Misframe

Client-side DNS failover

Published Mar 4, 2017

Client-side DNS failover is one of the coolest things I learned about recently. It’s simple. Instead of having a single A record with one IP, you add additional A records with different IPs, and clients automatically skip over failing servers.

Check out this Webmasters Stack Exchange question: “Using multiple A-records for my domain - do web browsers ever try more than one?”

Pretty much every browser does indeed receive the full list of A records, and does indeed check others if the one it is using fails. You can expect each client to have a 30 second wait when they first try to access a site when a server is down, until it connects to a working address. The browser will then cache which address is working and continue using that one for future requests unless it also fails, then it will have to search through the list again. So 30 second wait on first request, fine thereafter.

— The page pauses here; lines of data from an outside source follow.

//! The blocks of the routines, one behind another.

ghost use Rattle.std.specs.Prelude.{◌≡◌, ◌++◌, IfOk, OnOk};
ghost use Rattle.routine_spec.specs.Compile.{compile_code};
ghost use Rattle.icode_templates.specs.Words.{words};
ghost use Rattle.routine_spec.specs.Blocks.{check_words, filled, first_words, last_words, nothing_words};
ghost use Rattle.routine_spec.specs.Blocks.{routine_words, tested_code};

use crate::closures::{begin, check, local, malloc, new, parameter};
use crate::compiling::{first_part, second_part};
use crate::numbers::{LAST, LAST_BUT_ONE, LOCAL_KIND, V1};
use icode_templates::Snippet;
use mips_assembly::{addiu, nop, sltiu};
use mips_encoder::{Instr, encode};
use sqlite_items::Items;
use std::alloc::{AllocError, Global};

// The words of a block.
const BLOCK_WORDS: usize = 64;

// The words of a stretch at the end.
fn put(alloc: Global, found: &mut Items<u32>, s: &Snippet) -> Result<(), AllocError>
    ensures { OnOk result (found.new ≡ found.old ++ s.now) }
{
    let more = Items::from_slice(alloc, s.words())?;
    found.append(more)
}

// So many words of nop.
#[tactic(auto, using(crate::proofs::Nothing::nothing))]
fn fill(found: &mut Items<u32>, count: usize) -> Result<(), AllocError>
    ensures { OnOk result (found.new ≡ found.old ++ nothing_words count) }
{
    for _ in 0..count {
        found.push(encode(nop()))?;
    }
    Ok(())
}

// A block of a routine.
#[tactic(auto, using(crate::proofs::Nothing::in_block))]
fn block(alloc: Global, found: &mut Items<u32>, s: &Snippet) -> Result<(), AllocError>
    ensures { OnOk result (found.new ≡ found.old ++ filled s.now) }
{
    put(alloc, found, s)?;
    fill(found, BLOCK_WORDS - s.len())
}

// A block that checks, by the instruction that tests the kind.
fn check_block(alloc: Global, found: &mut Items<u32>, test: Instr) -> Result<(), AllocError>
    ensures { OnOk result (found.new ≡ found.old ++ filled (words (tested_code test))) }
{
    let mut s = Snippet::new();
    check(&mut s, test);
    block(alloc, found, &s)
}

// The block of the routine that compiles, which fills it.
#[tactic(auto, using(crate::proofs::Nothing::compiling))]
fn compile_block(alloc: Global, found: &mut Items<u32>) -> Result<(), AllocError>
    ensures { OnOk result (found.new ≡ found.old ++ filled (words compile_code)) }
{
    let mut s = Snippet::new();
    first_part(&mut s);
    put(alloc, found, &s)?;
    s.clear();
    second_part(&mut s);
    put(alloc, found, &s)
}

// The blocks up to those that check.
#[tactic(auto, using(crate::proofs::Nothing::five))]
fn first_blocks(alloc: Global, found: &mut Items<u32>) -> Result<(), AllocError>
    ensures { OnOk result (found.new ≡ found.old ++ first_words) }
{
    let mut s = Snippet::new();
    malloc(&mut s);
    block(alloc, found, &s)?;
    compile_block(alloc, found)?;
    s.clear();
    local(&mut s);
    block(alloc, found, &s)?;
    s.clear();
    parameter(&mut s);
    block(alloc, found, &s)?;
    s.clear();
    begin(&mut s);
    block(alloc, found, &s)
}

// Those that check.
#[tactic(auto, using(crate::proofs::Nothing::three))]
fn check_blocks(alloc: Global, found: &mut Items<u32>) -> Result<(), AllocError>
    ensures { OnOk result (found.new ≡ found.old ++ check_words) }
{
    check_block(alloc, found, addiu(V1, V1, LAST))?;
    check_block(alloc, found, addiu(V1, V1, LAST_BUT_ONE))?;
    check_block(alloc, found, sltiu(V1, V1, LOCAL_KIND))
}

// Those behind them.
#[tactic(auto, using(crate::proofs::Nothing::three))]
fn last_blocks(alloc: Global, found: &mut Items<u32>) -> Result<(), AllocError>
    ensures { OnOk result (found.new ≡ found.old ++ last_words) }
{
    fill(found, 4 * BLOCK_WORDS)?;
    let mut s = Snippet::new();
    new(&mut s);
    block(alloc, found, &s)?;
    fill(found, 2 * BLOCK_WORDS)
}

/// The words of the 15 blocks of the run-time routines, behind the block of the start: each routine in the block of its
/// number, and that of new in the thirteenth. Fails for want of memory alone.
#[tactic(auto, using(crate::proofs::Nothing::three))]
pub fn routines(alloc: Global) -> Result<Items<u32>, AllocError>
    ensures { IfOk result (λ found. found ≡ routine_words) }
{
    let mut found = Items::new(alloc);
    first_blocks(alloc, &mut found)?;
    check_blocks(alloc, &mut found)?;
    last_blocks(alloc, &mut found)?;
    Ok(found)
}
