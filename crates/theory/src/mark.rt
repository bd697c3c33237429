//! The record of a mark.

/// A mark of a join tree: two joined tables. A number is kept as it was given, also where it names no table.
#[derive(Clone, Copy, PartialEq, Eq, Debug)]
pub struct Mark {
    pub v: u32,
    pub w: u32,
}
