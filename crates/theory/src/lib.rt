//! The mathematics of join graphs, apart from any store, memory or text: what a graph means, what a
//! construction sequence is, and the facts about them on which the proofs of the other crates rest.
#![tactic(auto)]

pub mod mark;
pub mod step;
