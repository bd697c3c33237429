//! The records of a build list: the triangle that it begins with, and its steps.

/// Three tables, joined pairwise, with which a build begins.
#[derive(Clone, Copy, PartialEq, Eq, Debug)]
pub struct Triangle {
    pub a: u32,
    pub b: u32,
    pub c: u32,
}

/// One step of a build. A number is kept as it was given, also where it names no table.
#[derive(Clone, Copy, PartialEq, Eq, Debug)]
pub enum Step {
    /// Joins two tables in use.
    Edge { v: u32, w: u32 },
    /// Puts a new table `u` into the join of `v` and `w`: that join goes, and `u` is joined with both.
    Node { u: u32, v: u32, w: u32 },
}
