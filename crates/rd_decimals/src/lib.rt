//! Numbers as the words of a command line spell them.
#![tactic(auto)]

mod laws;
mod reading;

pub use laws::law_of_decimals;
pub use reading::read_number;
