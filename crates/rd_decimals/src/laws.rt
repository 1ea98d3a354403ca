//! The law of decimals.
ghost use Rattle.std.specs.Prelude.{◌≡◌, ◌↔◌, ◌≤◌, ◌<◌, ◌^◌, ℕ, List, Some};
ghost use Rattle.std.specs.Fmt.{decimal};
ghost use Rattle.rd_decimals.specs.Decimals.{number_read};

/// Bytes spell a number exactly where they are its decimal: so each number has one spelling.
pub fn law_of_decimals()
    ensures { (most number : ℕ) (bytes : List ℕ) → most < 2 ^ 64 →
        ((number_read most bytes ≡ Some number) ↔ ((number ≤ most) × (bytes ≡ decimal number))) }
{}
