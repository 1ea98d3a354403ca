//! Reading a number.
ghost use Rattle.std.specs.Prelude.{◌≡◌, ◌≤◌, IfSome};
ghost use Rattle.std.specs.Fmt.{decimal};
ghost use Rattle.std.specs.Str.{bytes_eq};
ghost use Rattle.rd_decimals.specs.Decimals.{number_read};

use itoa::Buffer;
use std::str;

// Are the bytes the decimal of the number?
fn is_decimal(bytes: &[u8], number: u64) -> bool
    ensures { result ≡ bytes_eq (decimal number) bytes.now }
{
    let mut buffer = Buffer::new();
    buffer.format(number).as_bytes() == bytes
}

/// The number that the bytes spell, if it is at most `most`: its decimal, without sign and without leading zeros. It takes no memory.
pub fn read_number(bytes: &[u8], most: u64) -> Option<u64>
    ensures number { result ≡ number_read most bytes.now }
    ensures few { IfSome result (λ number. number ≤ most) }
{
    let Ok(text) = str::from_utf8(bytes) else {
        return None;
    };
    let Ok(number) = text.parse::<u64>() else {
        return None;
    };
    if number <= most && is_decimal(bytes, number) {
        Some(number)
    } else {
        None
    }
}
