// A whole field at once: it starts here, its bar is here too, and its kind finds nothing wrong. Each function gives the place past the
// bar; or None, and then nothing is said of the field. So nothing of a field is kept.
// A piece and a place in it travel as two, with what is asked of them in clauses: as one struct they would be made anew for each field.
#![tactic(auto)]

mod bar;
mod digits;
pub mod kind;
mod numbers;
mod text;
mod word;
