// Some bytes as one number, the first lowest, so that they are looked at together. A mark is the top bit of a byte.
ghost use Rattle.std.specs.Prelude.{◌≡◌, ◌+◌, ◌/◌, ◌<◌, ◌≤◌, length};
ghost use Rattle.std.specs.Int.Count.{count_trailing_zeros};
ghost use Rattle.whole.specs.Word.{word_of};

// The bytes of a word.
pub const WORD: usize = 8;

const HALF: usize = 4;

pub const TOP_BITS: u64 = 0x8080808080808080;

// Two widths, by two methods of std: a generic one would need a trait of our own.
#[tactic(auto, using(crate::proofs::WordLaws::four_word))]
pub fn four(s: &[u8], i: usize) -> u32
    requires { i + 4 ≤ length s.now }
    ensures { result ≡ word_of 4 s.now i }
{
    u32::from_le_bytes(*s[i..i + HALF].first_chunk().unwrap())
}

#[tactic(auto, using(crate::proofs::WordLaws::eight_word))]
pub fn eight(s: &[u8], i: usize) -> u64
    requires { i + 8 ≤ length s.now }
    ensures { result ≡ word_of 8 s.now i }
{
    u64::from_le_bytes(*s[i..i + WORD].first_chunk().unwrap())
}

// Which byte has the first mark.
pub fn first_of(marks: u64) -> usize
    ensures { (result ≡ count_trailing_zeros 64 marks / 8) × (result ≤ 8) }
{
    (u64::trailing_zeros(marks) / 8) as usize
}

For example, let’s look at amazon.com:

$ dig amazon.com
;; QUESTION SECTION:
;amazon.com.			IN	A

;; ANSWER SECTION:
amazon.com.		55	IN	A	54.239.25.192
amazon.com.		55	IN	A	54.239.25.200
amazon.com.		55	IN	A	54.239.17.7
amazon.com.		55	IN	A	54.239.17.6
amazon.com.		55	IN	A	54.239.25.208
amazon.com.		55	IN	A	54.239.26.128

If 54.239.25.192 is down, my browser will automatically try 54.239.25.200, and so on.

It’s not just web browsers that can do this. Programs like curl and telnet do it too.

$ telnet amazon.com
Trying 54.239.26.128...
telnet: connect to address 54.239.26.128: Connection refused
Trying 54.239.25.200...
telnet: connect to address 54.239.25.200: Connection refused
Trying 54.239.25.208...
telnet: connect to address 54.239.25.208: Connection refused
Trying 54.239.17.7...
telnet: connect to address 54.239.17.7: Connection refused
Trying 54.239.17.6...
telnet: connect to address 54.239.17.6: Connection refused
Trying 54.239.25.192...
telnet: connect to address 54.239.25.192: Connection refused
telnet: Unable to connect to remote host

If you’re writing your own programs, you can think about using this technique to implement high availability. Go programmers have it easy, as the net package does it automatically and it also supports dual-stack fallback. I’m not sure about other languages1.

I can see this being useful for analytics services. Browsers will automatically failover to active servers, so you don’t have to do anything fancy at the back-end. Last year, I posted an HA example with a Digital Ocean Floating IP and leader election with my libab library. That approach makes failover transparent to the client, but I think this approach is more elegant. Clients are smart!


  1. I tried to see what Node does and found this issue. Looks like it’s not supported and probably won’t be supported in core.